Only the 23rd Street is teeming with life; and it is partially due to the Flatiron Building’s presence. Apparently, since this peculiar building was erected, a draft of epic proportion started around – and it became almost legendary. The wind was said to be gaining such strength in the deep tunnel in between the buildings that it made long ladies’ dresses drift way up as they were passing through.
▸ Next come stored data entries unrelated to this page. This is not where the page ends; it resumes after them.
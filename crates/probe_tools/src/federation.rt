use crate::call::{Call, Failure, Tries};
use crate::fault::ToolFault;
use crate::output::Output;
use crate::place::Place;
use crate::push::push;
use crate::tree::tree;
use crate::words::{bytes_of, fuse_of, members_of, place_of_number, site_of, slot_of};
use bag_tree::Facts;
use fed_types::{Members, SiteNo, Slot};
use site::{Answer, Outgoing, Reply, SiteFault};
use std::alloc::Global;

/// The sites of a federation, and the trees that were made. Each command has its words in a slice.
#[derive(Drop)]
pub(crate) struct Federation {
    alloc: Global,
    tries: Tries,
    members: Option<Members>,
    places: Vec<Place>,
    trees: Vec<Facts>,
}

impl Federation {
    /// A federation that has yet to begin.
    pub(crate) fn new(alloc: Global, tries: Tries) -> Federation {
        Federation {
            alloc,
            tries,
            members: None,
            places: Vec::new(alloc),
            trees: Vec::new(alloc),
        }
    }

    /// Whether it has members.
    pub(crate) fn has_begun(&self) -> bool {
        self.members.is_some()
    }

    /// Begins anew: each site is open, over a cell without bytes, and there are no trees.
    pub(crate) fn begin(&mut self, words: &[&str]) -> Result<(), ToolFault> {
        let members = members_of(words)?;
        self.members = Some(members);
        self.places.clear();
        self.trees.clear();
        for site in members.sites() {
            self.add_site(members, site)?;
        }
        Ok(())
    }

    fn add_site(&mut self, members: Members, site: SiteNo) -> Result<(), ToolFault> {
        push(&mut self.places, Place::new(self.alloc, self.tries))?;
        match self.places.get_mut(place_of(site)) {
            Some(place) => open_new(self.alloc, place, members, site),
            None => Err(ToolFault::Wrong),
        }
    }

    /// Makes the next tree, whose manifest has these bytes.
    pub(crate) fn add_tree(&mut self, folder: bool, words: &[&str]) -> Result<(), ToolFault> {
        match words {
            [manifest] => self.add_tree_of(folder, bytes_of(self.alloc, manifest)?.as_slice()),
            _ => Err(ToolFault::Line),
        }
    }

    fn add_tree_of(&mut self, folder: bool, manifest: &[u8]) -> Result<(), ToolFault> {
        match tree(self.alloc, folder, manifest) {
            Ok(facts) => push(&mut self.trees, facts),
            Err(fault) => Err(fault),
        }
    }

    pub(crate) fn deposit(&mut self, words: &[&str]) -> Result<Answer, Failure> {
        match words {
            [site, tree, object, version] => {
                let (site, tree) = (site_of(site)?, place_of_number(tree)?);
                let slot = slot_of(self.alloc, object, version)?;
                self.deposit_at(site, tree, &slot)
            }
            _ => Err(Failure::Faulty(ToolFault::Line)),
        }
    }

    fn deposit_at(&mut self, site: SiteNo, tree: usize, slot: &Slot) -> Result<Answer, Failure> {
        match self.trees.get(tree) {
            Some(facts) => {
                let call = Call::Deposit(slot, facts);
                call_at(self.alloc, &mut self.places, site, &call)
            }
            None => Err(Failure::Faulty(ToolFault::Line)),
        }
    }

    pub(crate) fn propose(&mut self, words: &[&str]) -> Result<Answer, Failure> {
        match words {
            [site, object, version] => {
                let site = site_of(site)?;
                let slot = slot_of(self.alloc, object, version)?;
                call_at(self.alloc, &mut self.places, site, &Call::Propose(&slot))
            }
            _ => Err(Failure::Faulty(ToolFault::Line)),
        }
    }

    pub(crate) fn recover(&mut self, words: &[&str]) -> Result<Answer, Failure> {
        match words {
            [site, object, version] => {
                let site = site_of(site)?;
                let slot = slot_of(self.alloc, object, version)?;
                call_at(self.alloc, &mut self.places, site, &Call::Recover(&slot))
            }
            _ => Err(Failure::Faulty(ToolFault::Line)),
        }
    }

    pub(crate) fn ask(&mut self, words: &[&str]) -> Result<Answer, Failure> {
        match words {
            [site, to, object, version] => {
                let (site, to) = (site_of(site)?, site_of(to)?);
                let slot = slot_of(self.alloc, object, version)?;
                call_at(self.alloc, &mut self.places, site, &Call::Ask(&slot, to))
            }
            _ => Err(Failure::Faulty(ToolFault::Line)),
        }
    }

    /// Bytes arrive at a site.
    pub(crate) fn arrive(&mut self, words: &[&str]) -> Result<Answer, Failure> {
        match words {
            [site, digits] => {
                let site = site_of(site)?;
                let bytes = bytes_of(self.alloc, digits)?;
                let call = Call::Arrive(bytes.as_slice());
                call_at(self.alloc, &mut self.places, site, &call)
            }
            _ => Err(Failure::Faulty(ToolFault::Line)),
        }
    }

    /// A datagram that was sent arrives at the site that it was sent to.
    pub(crate) fn deliver(&mut self, words: &[&str], sent: &[Outgoing]) -> Result<Answer, Failure> {
        match words {
            [number] => self.deliver_one(sent.get(place_of_number(number)?)),
            _ => Err(Failure::Faulty(ToolFault::Line)),
        }
    }

    fn deliver_one(&mut self, datagram: Option<&Outgoing>) -> Result<Answer, Failure> {
        match datagram {
            Some(datagram) => {
                let call = Call::Arrive(datagram.bytes.as_slice());
                call_at(self.alloc, &mut self.places, datagram.to, &call)
            }
            None => Err(Failure::Faulty(ToolFault::Line)),
        }
    }

    pub(crate) fn query(&self, words: &[&str]) -> Result<Result<Reply, SiteFault>, ToolFault> {
        match words {
            [site, object, version] => {
                let site = site_of(site)?;
                let slot = slot_of(self.alloc, object, version)?;
                self.query_at(site, &slot)
            }
            _ => Err(ToolFault::Line),
        }
    }

    fn query_at(&self, site: SiteNo, slot: &Slot) -> Result<Result<Reply, SiteFault>, ToolFault> {
        match self.places.get(place_of(site)) {
            Some(place) => place.query(slot),
            None => Err(ToolFault::Line),
        }
    }

    /// Sets the fuse of a site's cell.
    pub(crate) fn set_fuse(&mut self, words: &[&str]) -> Result<(), ToolFault> {
        match words {
            [site, fuse @ ..] => {
                let (site, fuse) = (site_of(site)?, fuse_of(fuse)?);
                let place = self.places.get_mut(place_of(site)).ok_or(ToolFault::Line)?;
                place.set_fuse(fuse);
                Ok(())
            }
            _ => Err(ToolFault::Line),
        }
    }

    /// Closes a site, and says what a read of its cell gives.
    pub(crate) fn close(&mut self, words: &[&str], output: &mut Output) -> Result<(), ToolFault> {
        let site = only_site_of(words)?;
        let place = self.places.get_mut(place_of(site)).ok_or(ToolFault::Line)?;
        place.close();
        output.cell(place.bytes())
    }

    /// A site stops, and its device starts again.
    pub(crate) fn crash(&mut self, words: &[&str]) -> Result<(), ToolFault> {
        let site = only_site_of(words)?;
        let place = self.places.get_mut(place_of(site)).ok_or(ToolFault::Line)?;
        place.crash();
        Ok(())
    }

    /// Opens a site over its cell.
    pub(crate) fn open(&mut self, words: &[&str], output: &mut Output) -> Result<(), ToolFault> {
        let site = only_site_of(words)?;
        let members = self.members.ok_or(ToolFault::Line)?;
        let place = self.places.get_mut(place_of(site)).ok_or(ToolFault::Line)?;
        let opened = place.open(self.alloc, members, site);
        output.opened(opened, place.count())
    }
}

/// Opens a site of the new federation.
fn open_new(
    alloc: Global,
    place: &mut Place,
    members: Members,
    site: SiteNo,
) -> Result<(), ToolFault> {
    match place.open(alloc, members, site) {
        Ok(()) => Ok(()),
        Err(_) => Err(ToolFault::Wrong),
    }
}

/// Calls the site of this number, if it is open.
fn call_at(
    alloc: Global,
    places: &mut Vec<Place>,
    site: SiteNo,
    call: &Call,
) -> Result<Answer, Failure> {
    match places.get_mut(place_of(site)) {
        Some(place) => place.call(alloc, call),
        None => Err(Failure::Faulty(ToolFault::Line)),
    }
}

fn place_of(site: SiteNo) -> usize {
    usize::from(site.number()).saturating_sub(1)
}

/// The site that is the only word.
fn only_site_of(words: &[&str]) -> Result<SiteNo, ToolFault> {
    match words {
        [site] => site_of(site),
        _ => Err(ToolFault::Line),
    }
}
The construction workers busy with completion of the Fuller Building façade gathered up in groups to watch it, laughing and whistling with delight, only to be eventually dispersed by unenthusiastic patrols of the New York’s Finest, doing their routine rounds of the neighborhood. It was the cops who forged the expression to describe this wayward wind (and the interesting phenomenon caused by it) – once fashionable, and nowadays almost forgotten expression: 23 Skidoo.

Each time my strolls take me towards the Flatiron Building, I get to think of those floating Art Nouveau dresses, and of gentlemen photographers crossing the green square, Alfred Stieglitz and Edward Steichen, who captured so exquisitely the late autumn evenings of the early 20th century. Captivated by exceptional beauty of the Flatiron, they placed their bulky cameras among the naked trees and took: the most beautiful portraits ever made of this magical edifice. In Stieglitz’s pictures, the building is seen in a bizarre, flattened perspective from the north-east side; it looks like a town hall of Flatland, the fantastic, two-dimensional land. In Steichen’s pictures, the structure looms in a sepia-toned fog like a spectre or a gigantic tchotchke on an ogre’s desk: a whimsical, round-edged object, beautiful and useless at the same time. People – those dark silhouettes, barely visible in the dim light – do not dare to come closer. Only leafless trees stretch their curious branches, as if asking: what is this strange stone trunk, growing on the street corner?

While the city around constantly plays with new styles, dresses itself up and paints itself over, the Flatiron Building hasn’t changed alone bit over the last century. It is stuck here like a dormant ship, a giant steam liner, a banner-bearer of an unknown country. A stone vessel, temporarily moored at the corner of 23rd Street and Broadway, is pinned to the Manhattan rock with a heavy anchor of its tenants’ luggage: weighty file cabinets, workbooks, bookkeepers’ records. But if one day a new generation of New Yorkers would become indifferent to its beauty and ignores the fabulous terracotta plaques and the sunny vistas they portray, if it forgets the legend of the floating dresses of the 19th century – the ship will break the tether and sail away, just like the Crimson Ultimate Insurance tenement in a beautiful Terry Gilliam short film. Just to play it safe, every time I pass by the Flatiron, I tell it that it’s the most beautiful thing in the whole city. I even sigh loudly with delight, not to give it any reason to sail away from us too quickly.

 

The chapter “The Flatiron Building” is a part of the book “New York: Impractical Guide” by Kamila Slawinska published by W.A.B. Publishing House.